- 1/4 cup water
- Generous pinch of saffron
- 1 cup sugar
- 3 tablespoons light corn syrup
- 1/2 stick unsalted butter
- 1/4 teaspoon kosher salt
- 2 green cardamom pods, skins peeled and powdered
- 1/4 teaspoon baking soda
- 3/4 cup raw peanuts - roasted, skins removed and chopped coarsely
Combine water and saffron in a small bowl and set aside for 1 hour to draw out the gorgeous orange hue of the saffron.

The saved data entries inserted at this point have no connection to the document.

// The checks of a call that is lent masks, limits, a slice to write and a work table.
ghost use Rattle.std.specs.Prelude.{◌≡◌, [], ◌&&◌, ltb, leb, length};
ghost use Rattle.meaning.specs.Bounds.{most_places};
ghost use Rattle.rules.specs.Checks.{handed_in};
ghost use Rattle.rules.specs.Answers.{number_of, answer_of, decided, work_after};
ghost use Rattle.filter.specs.Filter.{lengths_right, pass_checks};

use kinds::Value;
use rules::{Answer, RuleSet, bounds, masks_right};

// Whether each lent slice has its length: else answer 2. More places than a call can have are answer 1 before that.
#[tactic(auto, unfolding(crate::specs::Filter::lengths_right))]
pub(crate) fn lengths_right(
    places: usize,
    masks: usize,
    limits: usize,
    out: usize,
    work: usize,
) -> bool
    ensures { result ≡ (leb places most_places && lengths_right places masks limits out work) }
{
    places <= bounds::MOST_PLACES
        && masks == places
        && limits == places
        && out == places
        && work == (places + 1) * bounds::MOST_STATES
}

// The same answer; a refusal above 2 leaves the work table all zeros.
pub(crate) fn refused(answer: Answer, work: &mut [u32]) -> Answer
    ensures { (result ≡ answer) × (work.new ≡ work_after (number_of answer) work.old) }
{
    if 2 < answer.number() {
        work.fill(0);
    }
    answer
}

// The checks of the answers 1 to 4, which both calls make first.
pub(crate) fn checked(
    places: usize,
    rules: &RuleSet<'_>,
    masks: &[u16],
    limits: &[u32],
    out: usize,
    work: &mut [u32],
) -> Result<(), Answer>
    ensures { (answer_of result ≡ decided (pass_checks (handed_in places rules.now) masks.now limits.now out (length work.old) []) (λ n. n) 0) × (work.new ≡ work_after (answer_of result) work.old) }
{
    let long = lengths_right(places, masks.len(), limits.len(), out, work.len());
    if let Err(answer) = rules.checked(places, long) {
        return Err(refused(answer, work));
    }
    if !masks_right(rules.size.values, masks) {
        return Err(refused(Answer::WrongMask, work));
    }
    Ok(())
}

// Whether a place and a value are in range: else answer 7.
pub(crate) fn in_range(places: usize, values: usize, place: usize, value: Value) -> bool
    ensures { result ≡ (ltb place places && ltb value.0 values) }
{
    place < places && usize::from(value) < values
}
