// The filter and the first roster.
#![tactic(auto)]

ghost use Rattle.std.specs.Prelude.{◌≡◌};
ghost use Rattle.rules.specs.Checks.{handed_in};
ghost use Rattle.rules.specs.Answers.{answer_of, carried};
ghost use Rattle.filter.specs.Filter.{left, filter_of};
ghost use Rattle.filter.specs.First.{given, first_of};

mod answers;

use kinds::Value;
use reach::whole::{filter_from, first_from};
use rules::{Answer, RuleSet};

// The filter: writes the values that each place may still take, and gives the least cost of a roster.
pub fn filter(
    places: usize,
    rules: &RuleSet<'_>,
    masks: &[u16],
    limits: &[u32],
    kept: &mut [u16],
    work: &mut [u32],
) -> Result<u32, Answer>
    ensures { left (answer_of result) (carried result) kept.new work.new ≡ filter_of (handed_in places rules.now) masks.now limits.now kept.old work.old }
{
    answers::checked(places, rules, masks, limits, kept.len(), work)?;
    let size = rules.size;
    let least = filter_from(
        size.states,
        size.values,
        rules.targets,
        rules.costs,
        rules.accepting,
        size.start,
        0,
        masks,
        limits,
        kept,
        work,
    );
    least.ok_or(Answer::NoRoster)
}

// The first roster with a value at a place: each place takes the smallest value that still leaves a way to the end.
pub fn first_roster(
    places: usize,
    rules: &RuleSet<'_>,
    masks: &[u16],
    limits: &[u32],
    place: usize,
    value: Value,
    roster: &mut [u8],
    work: &mut [u32],
) -> Result<(), Answer>
    ensures { given (answer_of result) roster.new work.new ≡ first_of (handed_in places rules.now) masks.now limits.now place value.0 roster.old work.old }
{
    answers::checked(places, rules, masks, limits, roster.len(), work)?;
    let size = rules.size;
    if !answers::in_range(places, size.values, place, value) {
        return Err(answers::refused(Answer::OutOfRange, work));
    }
    if first_from(
        size.states,
        size.values,
        rules.targets,
        rules.costs,
        rules.accepting,
        size.start,
        0,
        masks,
        limits,
        place,
        value,
        roster,
        work,
    ) {
        Ok(())
    } else {
        Err(Answer::NoRoster)
    }
}
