//! The header of RSVP's objects (RFC 2205, section 3.1.2).

ghost use Rattle.std.specs.Prelude.{◌≡◌, ◌≤◌, ◌+◌, ◌++◌, vec_len, vec_capacity};
ghost use Rattle.wire_buf.specs.Objects.{header};

use crate::pushes::{put_u8, put_u16};

/// Appends an object's header in the room that is reserved. The length counts the header too.
pub fn put_header(out: &mut Vec<u8>, len: u16, class: u8, ctype: u8)
    requires { vec_len out.old + 4 ≤ vec_capacity out.old }
    ensures items { out.new.items ≡ out.old.items ++ header len class ctype }
    ensures len { vec_len out.new ≡ vec_len out.old + 4 }
    ensures capacity { vec_capacity out.old ≤ vec_capacity out.new }
{
    put_u16(out, len);
    put_u8(out, class);
    put_u8(out, ctype);
}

In a nonstick or heavy pan, combine saffron water, sugar, corn syrup, butter, salt, and cardamom and cook over moderate heat for 10 to 15 minutes or until the mixture reaches 300º F on a candy thermometer. The mixture will turn a rich caramel color.
Remove from the heat and stir in baking soda. Be careful at this point because the baking soda will cause the mixture to foam. Incorporate chopped peanuts into the caramel and mix. Immediately pour the mixture onto a nonstick baking sheet. Use a lightly greased rolling pin or the back of a greased wooden spoon to quickly spread out the mixture into a thin layer.
Let sit for about 30 minutes until brittle is firm. When it is cool enough to handle, break into large pieces. Take a few of these pieces and place in a resealable bag. Using a wooden rolling pin, break up into smaller pieces.